Could i use meteor-security in meteor method?

Question

Could i use meteor-security in meteor method?

thearabbit opened this issue 9 years ago · comments

Could i use meteor-security in meteor method like this:

Meteor.method({
   myMethod: function(roles) {
   Posts.permit('remove').ifHasRole({role: roles}).apply();
   }
});

And then we call it before insert or after submit.

Eric Dobbertin · Answer 1 · Tue Mar 24 2015 09:52:26 GMT+0800 (China Standard Time)

No it is a substitute for allow/deny, so it applies to client-side insert/update/remove calls only.

John Gonzalez · Answer 2 · Mon Sep 21 2015 01:42:07 GMT+0800 (China Standard Time)

The other hand.
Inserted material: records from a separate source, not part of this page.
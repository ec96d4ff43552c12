//! The kinds of step of the round table: what each tells its seat.
ghost use Rattle.spindle_rounds.specs.RoundSteps.{same_view, new_view};
ghost use Rattle.spindle_rounds.specs.RoundTells.{LoadTells, JoinTells, ArrivalTells, LookTells, LeaveTells, ExitTells, CloserReadTells, ClearTells, EndTells};
ghost use Rattle.spindle_rounds.specs.RoundTells.{LearnTells, FillTells, PublishTells, PublishTryTells, SearchTells, RemainderReadTells, RecallTells};
ghost use Rattle.spindle_rounds.specs.RoundTells.{ClaimTells, StealTells, RemainderClaimTells, ShareTells, FinishTells, StopTells, SeeTells, PutBackTells};
ghost use Rattle.spindle_rounds.specs.SlotSteps.{TakeOutTells, GiveBackTells};
ghost use Rattle.spindle_rounds.specs.Leftovers.{FindTells, FindRestTells};

use crate::round_table::slots::SlotContents;
use crate::round_table::view::View;
use atomic_table::{Play, Split};
use std::marker::PhantomData;

/// A seat makes another, of a party that is out.
pub(crate) struct NewSeat;

impl<N> Split<View<N>> for NewSeat {
    ghost left = { same_view };

    ghost right = { new_view };
}

/// The barrier word is read.
pub(crate) struct Loads;

impl<S, N> Play<S, View<N>> for Loads {
    ghost then = { LoadTells };
}

pub(crate) struct Joins;

impl<S, N> Play<S, View<N>> for Joins {
    ghost then = { JoinTells };
}

pub(crate) struct Arrives;

impl<S, N> Play<S, View<N>> for Arrives {
    ghost then = { ArrivalTells };
}

/// A seat that waits reads the barrier word.
pub(crate) struct Looks;

impl<S, N> Play<S, View<N>> for Looks {
    ghost then = { LookTells };
}

pub(crate) struct Leaves;

impl<S, N> Play<S, View<N>> for Leaves {
    ghost then = { LeaveTells };
}

pub(crate) struct Exits;

impl<S, N> Play<S, View<N>> for Exits {
    ghost then = { ExitTells };
}

/// The closer reads the barrier word.
pub(crate) struct CloserReads;

impl<S, N> Play<S, View<N>> for CloserReads {
    ghost then = { CloserReadTells };
}

pub(crate) struct Clears;

impl<S, N> Play<S, View<N>> for Clears {
    ghost then = { ClearTells };
}

pub(crate) struct Ends;

impl<S, N> Play<S, View<N>> for Ends {
    ghost then = { EndTells };
}

/// The published word is read.
pub(crate) struct Learns;

impl<S, N> Play<S, View<N>> for Learns {
    ghost then = { LearnTells };
}

pub(crate) struct Fills;

impl<S, N> Play<S, View<N>> for Fills {
    ghost then = { FillTells };
}

pub(crate) struct Publishes;

impl<S, N> Play<S, View<N>> for Publishes {
    ghost then = { PublishTells };
}

pub(crate) struct PublishesTry;

impl<S, N> Play<S, View<N>> for PublishesTry {
    ghost then = { PublishTryTells };
}

/// A range is read.
pub(crate) struct Searches;

impl<S, N> Play<S, View<N>> for Searches {
    ghost then = { SearchTells };
}

/// The remainder is read.
pub(crate) struct ReadsRemainder;

impl<S, N> Play<S, View<N>> for ReadsRemainder {
    ghost then = { RemainderReadTells };
}

/// A range is read, for what is left in it.
pub(crate) struct Finds;

impl<S, N> Play<S, View<N>> for Finds {
    ghost then = { FindTells };
}

/// The remainder is read, for what is left in it.
pub(crate) struct FindsRemainder<D: SlotContents> {
    of: PhantomData<D>,
}

impl<D: SlotContents> Play<D::Slot, View<D::Note>> for FindsRemainder<D> {
    ghost then = { FindRestTells D.discipline };
}

/// A member that knows the number reads the published word.
pub(crate) struct Recalls;

impl<S, N> Play<S, View<N>> for Recalls {
    ghost then = { RecallTells };
}

pub(crate) struct Claims<D: SlotContents> {
    of: PhantomData<D>,
}

impl<D: SlotContents> Play<D::Slot, View<D::Note>> for Claims<D> {
    ghost then = { ClaimTells D.discipline };
}

pub(crate) struct Steals<D: SlotContents> {
    of: PhantomData<D>,
}

impl<D: SlotContents> Play<D::Slot, View<D::Note>> for Steals<D> {
    ghost then = { StealTells D.discipline };
}

pub(crate) struct ClaimsRemainder<D: SlotContents> {
    of: PhantomData<D>,
}

impl<D: SlotContents> Play<D::Slot, View<D::Note>> for ClaimsRemainder<D> {
    ghost then = { RemainderClaimTells D.discipline };
}

pub(crate) struct TakesShare<D: SlotContents> {
    of: PhantomData<D>,
}

impl<D: SlotContents> Play<D::Slot, View<D::Note>> for TakesShare<D> {
    ghost then = { ShareTells D.discipline };
}

pub(crate) struct Finishes<D: SlotContents> {
    of: PhantomData<D>,
}

impl<D: SlotContents> Play<D::Slot, View<D::Note>> for Finishes<D> {
    ghost then = { FinishTells D.discipline };
}

pub(crate) struct Stops;

impl<S, N> Play<S, View<N>> for Stops {
    ghost then = { StopTells };
}

/// The word `stopped` is read.
pub(crate) struct Sees;

impl<S, N> Play<S, View<N>> for Sees {
    ghost then = { SeeTells };
}

pub(crate) struct PutsBack;

impl<S, N> Play<S, View<N>> for PutsBack {
    ghost then = { PutBackTells };
}

/// The leader takes every slot out.
pub(crate) struct TakesOut<D: SlotContents> {
    of: PhantomData<D>,
}

impl<D: SlotContents> Play<D::Slot, View<D::Note>> for TakesOut<D> {
    ghost then = { TakeOutTells D.discipline };
}

/// The leader gives back the slots that it holds.
pub(crate) struct GivesBack<D: SlotContents> {
    of: PhantomData<D>,
}

impl<D: SlotContents> Play<D::Slot, View<D::Note>> for GivesBack<D> {
    ghost then = { GiveBackTells D.discipline };
}
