//! Slots that hold the pieces of a round: what is given to a number's party, and what it brings back.
ghost use Rattle.std.specs.Prelude.{◌≡◌, ℕ, ◌<◌, length, IfOk};
ghost use mathlib.Core.Option.{some};
ghost use lib.ListN.{get_elem?};
ghost use Rattle.spindle_rounds.specs.RoundPieces.{pieces, EverySlot};
ghost use Rattle.spindle_rounds.specs.PiecesKept.{pieces_lawful};

use crate::round_table::slots::SlotContents;
use std::alloc::{AllocError, Global};
use std::marker::PhantomData;

/// What a piece is, what answers it, and which answers are right.
pub trait PieceKind {
    /// What the party of a number is given.
    type Piece: Drop;

    /// What it brings back.
    type Answer: Drop;

    ghost answers: { Self.Piece → Self.Answer → Type 0 };
}

/// What stands in a slot.
#[derive(Drop)]
pub enum SlotState<P, A> {
    /// Nothing.
    Empty,
    /// A piece that wasn't run.
    Waits(P),
    /// What a piece was run to.
    Done(A),
}

/// Slots that hold pieces.
pub struct PieceSlots<A: PieceKind> {
    of: PhantomData<A>,
}

impl<A: PieceKind> SlotContents for PieceSlots<A> {
    type Slot = SlotState<A::Piece, A::Answer>;

    type Note = A::Piece;

    ghost discipline = { pieces A.answers };

    fn vacant(
        alloc: Global,
        slots: usize,
    ) -> Result<Vec<SlotState<A::Piece, A::Answer>>, AllocError> {
        let mut all = Vec::with_capacity(alloc, slots)?;
        for _ in 0..slots {
            all.push_reserved(SlotState::Empty);
        }
        Ok(all)
    }

    ghost lawful = { pieces_lawful A.answers };
}

/// What the slots hold at every moment: from the publish of n on each number below n has a piece in its slot, and until
/// the leader takes that slot out it is away exactly while the number runs; at home it holds an answer to the piece exactly
/// where the number has finished, and else the piece.
pub fn every_slot<A: PieceKind>()
    ensures { EverySlot A.answers }
{}
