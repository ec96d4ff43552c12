//! What the threads of a lock share that depends on the kind of job: the trays of its pieces, and the child slots.
//!
//! A closure's bound can't name a type that keeps a fact about a kind of job, and a workspace keeps such facts. So a leader
//! knows its workspace as a type L of which only the calls of `Opens<L>` are known.
ghost use Rattle.std.specs.Prelude.{◌<◌, OnErr, IsErrOf, ◌≡◌, false};
ghost use denote.Param.Send.{IsSync};
ghost use Rattle.spindle_rounds.specs.RoundConditions.{IsDone};
ghost use Rattle.spindle_rounds.specs.Seating.{IsSameSeat};
ghost use Rattle.spindle_rounds.specs.Working.{OnPublished};

use crate::lock::nested::{Child, Nested};
use crate::pieces::trays::Trays;
use crate::prelude::*;
use crate::running::in_trays::TrayWork;
use spindle_rounds::round::publishing::PublishedRound;
use spindle_rounds::round_table::slots::{Bare, SlotContents};
use spindle_rounds::threads::member::Member;
use spindle_rounds::threads::tables::{MemberCount, Tables};

/// What the threads of a lock over jobs of kind J share, beside the tables that every lock has.
#[derive(Drop)]
pub struct Workspace<J: Job> {
    child_slots: <J::Inner as Nest>::ChildSlots,
    trays: Trays<J>,
}

/// The kinds of jobs whose locks have a workspace of type L. Each kind of job has one, `Workspace<J>`, which a caller leaves
/// to the compiler; the trait's calls are the library's own, and who names `spindle` alone can't implement it, since it doesn't give
/// out `Trays`.
pub trait Opens<L>: Job {
    /// The workspace of a lock of so many threads.
    fn open(alloc: Global, threads: usize) -> Result<L, Fault>
        requires { 0 < threads }
        ensures { OnErr result (IsErrOf result Fault.Memory) };

    /// The slots for the locks that its jobs open.
    fn child_slots(workspace: &L) -> &<Self::Inner as Nest>::ChildSlots;

    /// The trays of its pieces.
    fn trays(workspace: &L) -> &Trays<Self>;

    /// The workspace of a lock that a job opened.
    fn inner(child: &Child<Nested<Self>>) -> &L;
}

impl<J: Job> Opens<Workspace<J>> for J {
    fn open(alloc: Global, threads: usize) -> Result<Workspace<J>, Fault> {
        let child_slots = <J::Inner as Nest>::make(alloc, threads)?;
        let trays = Trays::new(alloc, threads)?;
        Ok(Workspace { child_slots, trays })
    }

    fn child_slots(workspace: &Workspace<J>) -> &<J::Inner as Nest>::ChildSlots {
        &workspace.child_slots
    }

    fn trays(workspace: &Workspace<J>) -> &Trays<J> {
        &workspace.trays
    }

    fn inner(child: &Child<Nested<J>>) -> &Workspace<J> {
        child.workspace()
    }
}

/// What the threads of a lock over jobs of kind J share beside its tables, where its round table has D's slots.
pub trait TakesPart<J: Job, D: SlotContents> {
    /// The slots for the locks that its jobs open.
    fn child_slots(&self) -> &<J::Inner as Nest>::ChildSlots;

    /// Where its jobs read how many threads take part.
    fn members<'a>(tables: &'a Tables<D>) -> MemberCount<'a>;

    /// Runs the jobs of a published round that are left for the thread.
    fn take_part<'a, G: Gate, H: Threads + Wait + Sync>(
        &self,
        rt: &H,
        alloc: Global,
        member: &mut Member<'a, D>,
        runner: &mut Runner<'_, J, G>,
        published: PublishedRound,
    )
        requires sync { IsSync H.row }
        requires on { OnPublished published.jobs published.may_stop member.old.barrier.seat.me.0 }
        requires helper { member.old.barrier.seat.me.0.leader ≡ false }
        ensures member { (member.new.tables ≡ member.old.tables)
            × (member.new.thread ≡ member.old.thread) }
        ensures leader { member.new.barrier.seat.me.0.leader ≡ false }
        ensures done { IsDone member.new.barrier.seat.me.0 }
        ensures seat { IsSameSeat member.old.barrier.seat member.new.barrier.seat };
}

impl<J: Opens<L>, L> TakesPart<J, Bare> for L {
    fn child_slots(&self) -> &<J::Inner as Nest>::ChildSlots {
        <J as Opens<L>>::child_slots(self)
    }

    fn members<'a>(tables: &'a Tables<Bare>) -> MemberCount<'a> {
        MemberCount::Barrier(tables.round.init())
    }

    fn take_part<'a, G: Gate, H: Threads + Wait + Sync>(
        &self,
        rt: &H,
        alloc: Global,
        member: &mut Member<'a, Bare>,
        runner: &mut Runner<'_, J, G>,
        published: PublishedRound,
    ) {
        let trays = J::trays(self);
        let work = TrayWork {
            trays,
            runner,
            alloc,
            held: None,
        };
        let work = member.join_in(rt, published, work);
        trays.bring_back(rt, published.jobs as usize, work.held);
    }
}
Could i use meteor-security in meteor method like this:

// In server/security.js
Posts.permit('remove').ifHasRole('admin').apply();

// In server/methods.js
Meteor.method({
   myMethod: function(post) {
     Post.insert(post);
   }
});

Eric Dobbertin · Answer 3 · Mon Oct 05 2015 10:31:40 GMT+0800 (China Standard Time)

If you add the dispatch:run-as-user package, you can use Meteor.runRestricted to apply allow/deny rules in server code such as a method:

Meteor.method({
   myMethod: function(post) {
     Meteor.runRestricted(function() {
       Post.insert(post);
     });
   }
});

I'm also working on an enhancement to this pkg to provide direct server support.